アンチェロッティは、カカの復帰もあったんだろうが、ジラ1トップで挑んだみたいだ。
この判断は当然だと思うけど、無得点は、ちょっと感じが悪い。
ゴールを奪えなかったのに、最後まで1トップを貫いているので、アンチェロッティの決意を感じることができる。
なのに、ノーゴール。ほんと嫌な感じだ。
ジラが孤立していたという記事もあったが、今シーズンは我慢と執念(頑固)の男でとおすようだから、継続していくんじゃないかな。
これには僕も賛成だし、文句はない。
結果と内容がパッと明るくなる日が、いきなり来るとは思えないが、そんな日がいつかくることを信じよう。
な、アンチェロッティ。


無得点の何が感じが悪いかって、引き分けもそうだし、今書いた1トップの件もそうなんだが、
ロナウド獲得の話が進んでしまうこと。
ロナウドが解決案だとガリアーニが思ってしまうこと。
ロナウドがミランにやって来る可能性が高まったこと、が一番悪い。
ジラにロナウド不要論を巻き起こしてほしいと思っていたんだが、叶わなかった。


ロナウドがレアルを退団することは、ほぼ決定なんだと思う。
今週のレアルのベンチを見れば、間違いなさそうだ。
ロナウドは、移籍金を自ら支払うとまで言ってる。
彼の気持ちもわからないでもない。
ミランへの移籍となれば、ステータスを落とすこともない。
セレソンへの想いはまだ強いのだろうし、また新たに・・・ トップレベルで・・・
気持ちはわかる。


そしてミランには、欠けているものは確かにあるし、必要に迫られている。
この冬のメルカートでの選手獲得は、絶対だ。
だが、その穴がロナウドで埋まるのだろか。

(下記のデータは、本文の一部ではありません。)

// Runs of `pairboard`.
use super::check_ended;
use crate::pairboard::run;
use std::process::Abort;
use std::test::Fail;

const FOUR_IN_A_ROW: &[u8] = &[
    1, 0, 1, 0, 2, 1, 0, 0, 0, 1, 1, 0, 2, 0, 3, 5, 0, 1, 1, 0, 2, 0, 2, 9,
];

const FOUR_IN_A_ROW_LINES: &[u8] = b"\
ok
ok
ok
with 0
no 05 board 18
no 12 stream 23
0 1
2 3
";

const HELP: &[u8] = b"\
Plays a stream of commands, and prints a reply to each and then the pairs

Usage: pairboard

Options:
  -h, --help     Print help
  -V, --version  Print version
";

const UNKNOWN_WORD: &str = "\
error: unexpected argument 'stream' found

Usage: pairboard

For more information, try '--help'.
";

// A run with the name alone.
fn check_run(
    rt: &(impl Abort + AllocGlobal),
    input: &[u8],
    output: &[u8],
    message: &str,
) -> Result<(), Fail> {
    check_ended(
        rt,
        run(rt.alloc(), &["pairboard"], input),
        output,
        message,
        0,
    )
}

#[test]
fn four_in_a_row(rt: HostRuntime) -> Result<(), Fail> {
    check_run(&rt, FOUR_IN_A_ROW, FOUR_IN_A_ROW_LINES, "")?;
    check_run(&rt, &[], &[], "")
}

#[test]
fn words(rt: HostRuntime) -> Result<(), Fail> {
    let help = run(rt.alloc(), &["pairboard", "--help"], FOUR_IN_A_ROW);
    check_ended(&rt, help, HELP, "", 0)?;
    let version = run(rt.alloc(), &["pairboard", "--version"], FOUR_IN_A_ROW);
    check_ended(&rt, version, b"pairboard 1.0.0\n", "", 0)?;
    let unknown = run(rt.alloc(), &["pairboard", "stream"], FOUR_IN_A_ROW);
    check_ended(&rt, unknown, &[], UNKNOWN_WORD, 2)
}

// 21,845 questions have 65,535 bytes. The first byte after them is read and refused, and none after
// it is read, which the message says.
#[test]
fn longest(rt: HostRuntime) -> Result<(), Fail> {
    let mut input = Vec::new(rt.alloc());
    let mut output = Vec::new(rt.alloc());
    for _ in 0..21_845 {
        input.extend_from_slice(&[5, 0, 7])?;
        output.extend_from_slice(b"alone\n")?;
    }
    check_run(&rt, input.as_slice(), output.as_slice(), "")?;
    input.extend_from_slice(&[4, 0, 7, 1, 0, 7, 0, 8])?;
    output.extend_from_slice(b"no 13 stream 65535\n")?;
    check_run(
        &rt,
        input.as_slice(),
        output.as_slice(),
        "nothing past the first 65536 bytes was read\n",
    )
}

まったくそうは思えない。
今のミランのFWの軸は、ジラだ。
ジラの横にロナウドを並べて機能する可能性の低さは、誰の目にも明らかだと思うが。


ロナウドの特徴を言うなれば、決定力。これに尽きると思う。
確かに、それはミランに欠けているものだ。
ただ、それ以上に必要なものは、局面を個人技で打開する力だ。
ドリブルできる選手。カカの負担を減らし、共により輝けるような選手が必要だと思う。
ゴールゲッターではなく、セカンドストライカー、チャンスメーカーがほしい。
ゴール前で待っているヤツは、ジラ、もしくはピッポでいい。オリヴェイラもそういうタイプだ。


ロナウドを獲て、ピッポを捨てるつもりなのだろうか。
ジラを見放すつもりなのだろうか。
それほどの価値がロナウドにあり、それだけの結果を残してくれるだろうか。
もう消えてなくなりつつある話カッサーノが、現実的な選手の中で、もっともベストだと思うのだが。


残された時間は僅かだ。まもなく結論が出る。
レアルのカルデロンの考えがまったく読めないので、どんでん返しも大いにありそうだ。
31日に決着ってことも、考えられる。
願わくば、ガリアーニがまだ他にも水面下で動いていることだ。
驚かせてくれ、希望を抱かせてくることだ。
ロナウド獲得に、僕は希望を抱けない。

2007年01月29日

セリエA 21節 vsパルマ
セリエAの現状

勝ち点3。オッドのデビュー。開幕以来のピッポのゴール。
このゲームでミランが得たものは、こんなものだ。
まぁ、ミラニスタなりにもっと温かく言えば、リーグ戦10戦負けなし。ボネーラの好パフォーマンス。ジーダの安定感。というポジティブな要素もある。
もっと個人的に言えば、カカとガットゥーゾに新年の挨拶ができたことだろうか。


ラツィオ戦を見ることができなかった。コッパのローマ戦もそう。
このゲームへの飢えは結構高まっていた。
なのに、このゲーム内容だ。悲しくなった。
相手に恵まれ、運に恵まれ、それで何とか手にすることができた勝ち点3。
この勝利は、ミランが奪ったものではなく、頂いたものだった。


勝ちゲームを見せてくれた彼らに対して、失礼極まりないぐらい愚痴しか出てきそうにないので、
ちょっと、今シーズンのセリエA、カルチョについて書いてみようと思う。
06/07シーズンのセリエAは、アズーリの優勝を受けて始まったシーズンではなく、言うまでもなく、カルチョスキャンダルを受けてのシーズン開幕となった。
ユーヴェがBへ。ミランを含めた数チームがマイナスポイントを抱え、セリエAはスタートした。
この裁定の是非はさて置き、この事件が起こったことで、セリエAの株は大暴落を余儀なくされた。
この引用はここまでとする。